In enterprise systems, not all work is equal:

  • Some work must happen now, inside the user transaction.
  • Some work can happen later, without blocking the business flow.

Examples of work that should not block a transaction:

  • sending emails,
  • calling third-party APIs,
  • long calculations,
  • bulk updates,
  • background validations.

Apache OFBiz’s service engine supports asynchronous execution so that:

  • the main service can finish quickly,
  • the user experience remains responsive,
  • heavy work happens in the background.

All of this sounds reasonable and it is. The problems start not because async exists, but because it is often used as the default solution rather than a carefully chosen one.

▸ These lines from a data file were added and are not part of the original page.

// A sheet printed as text into lent memory: its rules, as they can be read, mended and written as a sheet again.

#![tactic(auto)]

ghost use Rattle.printing.specs.Printed.{PrintedAs};
ghost use Rattle.prints.specs.KeepsSix.{KeepsSix};

// The number: 0, 1 to 6 as the checker's, 42 or 43; and the length written with 0, the length needed with 43.
#[derive(Clone, Copy)]
pub struct Printed {
    pub number: u8,
    pub count: usize,
}

// Prints a sheet that keeps numbers 1 to 6. A dry run tells the length first, so that nothing is written where it does not fit.
fn print_kept(sheet: &[u8], text: &mut [u8]) -> Printed
    requires { KeepsSix sheet.now }
    ensures { PrintedAs sheet.now text.old result.number result.count text.new }
{
    let l = layout::layout_of(sheet);
    if !hoards::strings_fit(sheet, l) {
        return Printed {
            number: 42,
            count: 0,
        };
    }
    let needed = lines::put_rules(sheet, l, text, 0, false);
    if text.len() < needed {
        return Printed {
            number: 43,
            count: needed,
        };
    }
    let written = lines::put_rules(sheet, l, text, 0, true);
    Printed {
        number: 0,
        count: written,
    }
}

// Prints a sheet as text. A nonterminal without a production is no hindrance: the text is there to be mended.
pub fn print(sheet: &[u8], text: &mut [u8]) -> Printed
    ensures { PrintedAs sheet.now text.old result.number result.count text.new }
{
    let number = sheet::defect(sheet);
    if number == 0 {
        return print_kept(sheet, text);
    }
    if number == 7 {
        return print_kept(sheet, text);
    }
    Printed {
        number: number,
        count: 0,
    }
}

Production realities where async service broke for us

Production issue #1: Async can overload threads and starve UI traffic

The Scenario:

  • OMS implementation on top of Apache OFBiz.
  • 5,000–8,000 orders downloaded from eCommerce in one hour and created immediately in OMS.
  • For each order creation system triggers one async service and consequent async services for emails, routing, notifications.
  • Async process are created faster than they are consumed

What goes wrong:

  • async process accumulate in queues,
  • threads get saturated,
  • CPU and memory spike,
  • when capacity frees up, the system aggressively drains the queue.

The side effect:

  • Other synchronous services slow down,
  • UI actions feel laggy,
  • users experience delays even for simple operations.
  • System may also crash

Key takeaway:

Async processes compete with interactive workloads.This is why async must be used with volume awareness, not just functional correctness.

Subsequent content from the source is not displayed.